She had to blow her nose a second time, and looked around for a wastebasket to dump the used tissues in. He brought her one, not rising to his feet, and settled encouragingly at her side with one elbow on the arm of her chair. He wanted some sort of explanation for what had happened; he wanted clues to her identity in his imaginary world, particularly since no other reward had yielded contact with reality; but most of all he wanted conversation with someone not party to his secret. That fact amazed him, but it was inescapable.

  He wanted someone's opinion of him. An outsider's.

  Why he should want it was too difficult a question for him to tackle for the moment. Instead of thinking about it, he said in a coaxing tone, "The last thing I wanted was to make you cry! I'm terribly sorry!"

  "You expect me to believe that?" -- with a return of her former defiance. "Christ, when you've pushed all my buttons, including one I didn't think anybody knew about -- !"

  "Tell me about Greer, then," he suggested quickly.

  "Oh . . . !" She finished wiping her eyes and cheeks, set the box of tissues aside, leaned back, and reached for her drink again, not looking at him. "Why should you have to ask?

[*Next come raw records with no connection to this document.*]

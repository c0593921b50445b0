//! Places in a text, by line and column.
ghost use Rattle.std.specs.Prelude.{◌≡◌, ◌<◌, ◌≤◌, ◌==◌, ◌+◌, ◌^◌, length, if◌then◌else◌};
ghost use Rattle.ipcz_places.specs.Places.{column_at, line_at, IsPlace};

/// An offset of a text with its line and its column, which are counted from 1.
///
/// A column counts bytes.
#[derive(Clone, Copy, Debug, PartialEq, Eq)]
pub struct Place {
    pub offset: usize,
    pub line: usize,
    pub column: usize,
}

/// The place at which each text begins.
pub fn start(text: &[u8]) -> Place
    ensures place { IsPlace text.now result }
    ensures first { result.offset ≡ 0 }
{
    Place {
        offset: 0,
        line: 1,
        column: 1,
    }
}

// The place behind a byte.
fn behind(place: Place, byte: u8) -> Place
    requires { (place.offset < 2 ^ 63) × (place.line < 2 ^ 63) × (place.column < 2 ^ 63) }
    ensures { (result.offset ≡ place.offset + 1)
        × (result.line ≡ (if byte == 10 then place.line + 1 else place.line))
        × (result.column ≡ (if byte == 10 then 1 else place.column + 1)) }
{
    if byte == b'\n' {
        Place {
            offset: place.offset + 1,
            line: place.line + 1,
            column: 1,
        }
    } else {
        Place {
            offset: place.offset + 1,
            line: place.line,
            column: place.column + 1,
        }
    }
}

// The place of a later offset.
fn ahead(text: &[u8], near: Place, offset: usize) -> Place
    requires near { IsPlace text.now near }
    requires later { near.offset ≤ offset }
    requires within { offset ≤ length text.now }
    ensures place { IsPlace text.now result }
    ensures offset { result.offset ≡ offset }
{
    let mut place = near;
    'going: while place.offset < offset {
        place = behind(place, text[place.offset]);
    }
    place
}

/// The place of an offset, and that of the text's end for one behind it.
///
/// The time is that of the bytes between `near` and the offset if that is behind `near`, and else of those before it.
pub fn place_at(text: &[u8], near: Place, offset: usize) -> Place
    requires near { IsPlace text.now near }
    ensures place { IsPlace text.now result }
    ensures line { result.line ≡ line_at text.now offset }
    ensures column { result.column ≡ column_at text.now offset }
{
    let offset = offset.min(text.len());
    if near.offset <= offset {
        ahead(text, near, offset)
    } else {
        ahead(text, start(text), offset)
    }
}
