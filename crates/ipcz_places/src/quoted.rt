//! Texts in quotes within a JSON text.

ghost use Rattle.std.specs.Prelude.{◌≡◌, ◌<◌, ◌≤◌, ◌+◌, true, length, Err, IfSome};
ghost use Rattle.ipcz_places.specs.Faults.{Passes, StandsAt};

use crate::broken::{Broken, JsonFault};

fn fault(offset: usize, why: Broken) -> Result<usize, JsonFault>
    ensures { result ≡ Err (record { offset = offset; why = why }) }
{
    Err(JsonFault { offset, why })
}

// How many bytes a character takes that begins here with a byte from 128 on; none if it is no character.
pub(crate) fn character_length(text: &[u8], at: usize) -> Option<usize>
    requires { at < length text.now }
    ensures { IfSome result (λ n. (2 ≤ n) × (at + n ≤ length text.now)) }
{
    for n in 2..5 {
        if n <= text.len() - at && str::from_utf8(&text[at..at + n]).is_ok() {
            return Some(n);
        }
    }
    None
}

// The value of a hex digit.
fn digit_of(byte: u8) -> Option<u32>
    ensures { IfSome result (λ n. n < 16) }
{
    match byte {
        b'0'..=b'9' => Some((byte - b'0') as u32),
        b'a'..=b'f' => Some((byte - b'a') as u32 + 10),
        b'A'..=b'F' => Some((byte - b'A') as u32 + 10),
        _ => None,
    }
}

// The number that four hex digits from here on are.
fn unit_at(text: &[u8], at: usize) -> Option<u32>
    ensures { IfSome result (λ n. at + 4 ≤ length text.now) }
{
    if at > text.len() || text.len() - at < 4 {
        return None;
    }
    let high = digit_of(text[at])? * 16 + digit_of(text[at + 1])?;
    let low = digit_of(text[at + 2])? * 16 + digit_of(text[at + 3])?;
    Some(high * 256 + low)
}

// Whether the second half of a surrogate pair is written here.
fn is_low_half(text: &[u8], at: usize) -> bool
    ensures { result ≡ true → at + 6 ≤ length text.now }
{
    if at > text.len() || text.len() - at < 6 || text[at] != b'\\' || text[at + 1] != b'u' {
        return false;
    }
    match unit_at(text, at + 2) {
        Some(unit) => unit >= 0xdc00 && unit < 0xe000,
        None => false,
    }
}

// The offset behind the `\u` that begins here, and behind the second one of a surrogate pair.
fn behind_unit(text: &[u8], at: usize) -> Result<usize, JsonFault>
    requires { StandsAt text.now at 92 }
    ensures { Passes text.now at result }
{
    let Some(unit) = unit_at(text, at + 2) else {
        return fault(at, Broken::Digits);
    };
    if unit < 0xd800 || unit >= 0xe000 {
        return Ok(at + 6);
    }
    if unit < 0xdc00 && is_low_half(text, at + 6) {
        return Ok(at + 12);
    }
    fault(at, Broken::Surrogate)
}

// The offset behind the escape whose backslash stands here, in a text that begins at another offset.
fn behind_escape(text: &[u8], quote: usize, at: usize) -> Result<usize, JsonFault>
    requires quote { StandsAt text.now quote 34 }
    requires here { StandsAt text.now at 92 }
    ensures { Passes text.now at result }
{
    if at + 1 >= text.len() {
        return fault(quote, Broken::OpenText);
    }
    match text[at + 1] {
        b'u' => behind_unit(text, at),
        b'"' | b'\\' | b'/' | b'b' | b'f' | b'n' | b'r' | b't' => Ok(at + 2),
        _ => fault(at, Broken::Escape),
    }
}

// The offset behind what stands here for a character of a text that begins at another offset.
fn behind_character(text: &[u8], quote: usize, at: usize) -> Result<usize, JsonFault>
    requires quote { StandsAt text.now quote 34 }
    requires within { at < length text.now }
    ensures { Passes text.now at result }
{
    match text[at] {
        b'\n' | b'\r' => fault(quote, Broken::OpenLine),
        0..=31 => fault(at, Broken::Control),
        b'\\' => behind_escape(text, quote, at),
        32..=127 => Ok(at + 1),
        _ => match character_length(text, at) {
            Some(length) => Ok(at + length),
            None => fault(at, Broken::Utf8),
        },
    }
}

/// The offset behind the text whose quotation mark stands here, or where it stops being one.
pub fn behind_text(text: &[u8], quote: usize) -> Result<usize, JsonFault>
    requires here { StandsAt text.now quote 34 }
    ensures passes { Passes text.now quote result }
{
    let mut at = quote + 1;
    'reading: while at < text.len() {
        if text[at] == b'"' {
            return Ok(at + 1);
        }
        at = behind_character(text, quote, at)?;
    }
    fault(quote, Broken::OpenText)
}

You have to know all about Greer Gallon if you know of her existence."

  "But I'd like to know how I know about her."

  She glanced at him, then away, folding both hands around her glass.

  "You sound as though you mean that."

  "I do. I swear I do. I have no faintest notion why the name is in my memories. Why you're in my memories. When you obviously can't be."

  "But . . ." She thought for a few seconds, her eyes switching to and from his face. "But if you're so incredibly rich -- "

  "I told you: I don't pay for this!"

  "Who does?"

  "Nobody!"

  "Now that's ridiculous!"

  "I don't care what you think about it! I'm telling you!" He had sat back on his heels and was staring fiercely at her, and for a heartbeat their eyes locked. He had to blink first, and she sighed as she looked away.

  "Christ, I don't understand you, I swear I don't. Here you are in the most incredible home I ever saw, and you behave like a whining, sniveling victim. Have you heard your voice on tape lately? You sound like someone with a giant grudge against the world!"

  "Well, the hell with you !" he barked, twisting to his feet in a single smooth motion, thanks to Irma's and Luke's attentions. "Here I'm only trying to persuade you that your daughter got a terrific deal, the same as me, and you start bloody insulting me!"

  His recent brief exposure to the possibility of anger had reminded him how dreadfully tempting it was. But he reveled in the sensation for only a moment before repenting, because he far more desired to hear what she could tell him. Contrite, he caught her arm.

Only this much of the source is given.